### What the task requires
Copy out each line of the material below with no changes.

### Material supplied
····················

//! A bus that has at most one answer, for the access that was asked.

ghost use Rattle.std.specs.Prelude.{IsTrue};
ghost use Rattle.x86emu_c.specs.Posted.{is_fitting};

use xe_base::{Access, Answer, Made};
use xe_ctx::{Bus, Reply};

/// An answer that came from C and that no step has taken yet, with the access that it is for.
#[derive(Drop)]
pub struct Mailbox {
    pub post: Option<Made>,
    /// How often it had no answer.
    pub unready: u64,
    /// The answer is one that the access can have.
    ghost fits: { IsTrue (is_fitting post) },
}

impl Mailbox {
    ghost use Rattle.xe_base.specs.Access.{answers_to};
    ghost use Rattle.std.specs.Prelude.{◌≡◌, ◌≤◌, ◌<◌, ◌-◌, ◌^◌, Some, None};
    ghost use Rattle.xe_base.specs.declared.access.Answer.{Answer};
    ghost use Rattle.xe_ctx.specs.Bus.{Rose};
    ghost use Rattle.xe_ctx.specs.declared.bus.Reply.TheVariants.{Ready, NotYet, Failed};

    /// No answer.
    pub(crate) fn new() -> Mailbox
        ensures { result.post ≡ None }
    {
        Mailbox {
            post: None,
            unready: 0,
        }
    }

    /// Puts the answer to an access in.
    pub(crate) fn put(&mut self, access: Access, answer: Answer)
        requires { IsTrue (answers_to access answer) }
        ensures { self.new.post ≡ Some (record { access = access; answer = answer }) }
    {
        self.post = Some(Made { access, answer });
    }

    /// Forgets the answer, where there is one: most steps ask no device, and to look costs less than to
    /// write the whole of it.
    #[inline(always)]
    pub(crate) fn clear(&mut self)
        ensures { self.new.post ≡ None }
    {
        if self.post.is_some() {
            self.post = None;
        }
    }

    /// Gives the answer to the access that it is for, once; and is not ready for every other.
    fn reply(&mut self, a: Access) -> Reply
        ensures only { (r : Answer) → result ≡ Ready r → (self.old.post ≡ Some (record { access = a; answer = r })) × (self.new.post ≡ None) }
        ensures gives { (r : Answer) → self.old.post ≡ Some (record { access = a; answer = r }) → result ≡ Ready r }
        ensures stays { result ≡ NotYet → self.new.post ≡ self.old.post }
        ensures never { result ≡ Failed → ⊥ }
        ensures rose { result ≡ NotYet → Rose self.old.unready self.new.unready }
        ensures counts { self.old.unready ≤ self.new.unready }
    {
        if let Some(made) = self.post {
            if made.access == a {
                self.post = None;
                return Reply::Ready(made.answer);
            }
        }
        self.unready = self.unready.saturating_add(1);
        Reply::NotYet
    }
}

impl Bus for Mailbox {
    ghost use Rattle.std.specs.Prelude.{None};

    ghost sight = { λ m. record { tape = None; room = 0; spare = λ _. 0; unready = m.unready; faults = 0 } };

    fn access(&mut self, a: Access) -> Reply {
        self.reply(a)
    }
}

····················

### Your response
//! A bus that has at most one answer, for the access that was asked.

ghost use Rattle.std.specs.Prelude.{IsTrue};
ghost use Rattle.x86emu_c.specs.Posted.{is_fitting};

use xe_base::{Access, Answer, Made};
use xe_ctx::{Bus, Reply};

/// An answer that came from C and that no step has taken yet, with the access that it is for.
#[derive(Drop)]
pub struct Mailbox {
    pub post: Option<Made>,
    /// How often it had no answer.
    pub unready: u64,
    /// The answer is one that the access can have.
    ghost fits: { IsTrue (is_fitting post) },
}

impl Mailbox {
    ghost use Rattle.xe_base.specs.Access.{answers_to};
    ghost use Rattle.std.specs.Prelude.{◌≡◌, ◌≤◌, ◌<◌, ◌-◌, ◌^◌, Some, None};
    ghost use Rattle.xe_base.specs.declared.access.Answer.{Answer};
    ghost use Rattle.xe_ctx.specs.Bus.{Rose};
    ghost use Rattle.xe_ctx.specs.declared.bus.Reply.TheVariants.{Ready, NotYet, Failed};

    /// No answer.
    pub(crate) fn new() -> Mailbox
        ensures { result.post ≡ None }
    {
        Mailbox {
            post: None,
            unready: 0,
        }
    }

    /// Puts the answer to an access in.
    pub(crate) fn put(&mut self, access: Access, answer: Answer)
        requires { IsTrue (answers_to access answer) }
        ensures { self.new.post ≡ Some (record { access = access; answer = answer }) }
    {
        self.post = Some(Made { access, answer });
    }

    /// Forgets the answer, where there is one: most steps ask no device, and to look costs less than to
    /// write the whole of it.
    #[inline(always)]
    pub(crate) fn clear(&mut self)
        ensures { self.new.post ≡ None }
    {
        if self.post.is_some() {
            self.post = None;
        }
    }

    /// Gives the answer to the access that it is for, once; and is not ready for every other.
    fn reply(&mut self, a: Access) -> Reply
        ensures only { (r : Answer) → result ≡ Ready r → (self.old.post ≡ Some (record { access = a; answer = r })) × (self.new.post ≡ None) }
        ensures gives { (r : Answer) → self.old.post ≡ Some (record { access = a; answer = r }) → result ≡ Ready r }
        ensures stays { result ≡ NotYet → self.new.post ≡ self.old.post }
        ensures never { result ≡ Failed → ⊥ }
        ensures rose { result ≡ NotYet → Rose self.old.unready self.new.unready }
        ensures counts { self.old.unready ≤ self.new.unready }
    {
        if let Some(made) = self.post {
            if made.access == a {
                self.post = None;
                return Reply::Ready(made.answer);
            }
        }
        self.unready = self.unready.saturating_add(1);
        Reply::NotYet
    }
}

impl Bus for Mailbox {
    ghost use Rattle.std.specs.Prelude.{None};

    ghost sight = { λ m. record { tape = None; room = 0; spare = λ _. 0; unready = m.unready; faults = 0 } };

    fn access(&mut self, a: Access) -> Reply {
        self.reply(a)
    }
}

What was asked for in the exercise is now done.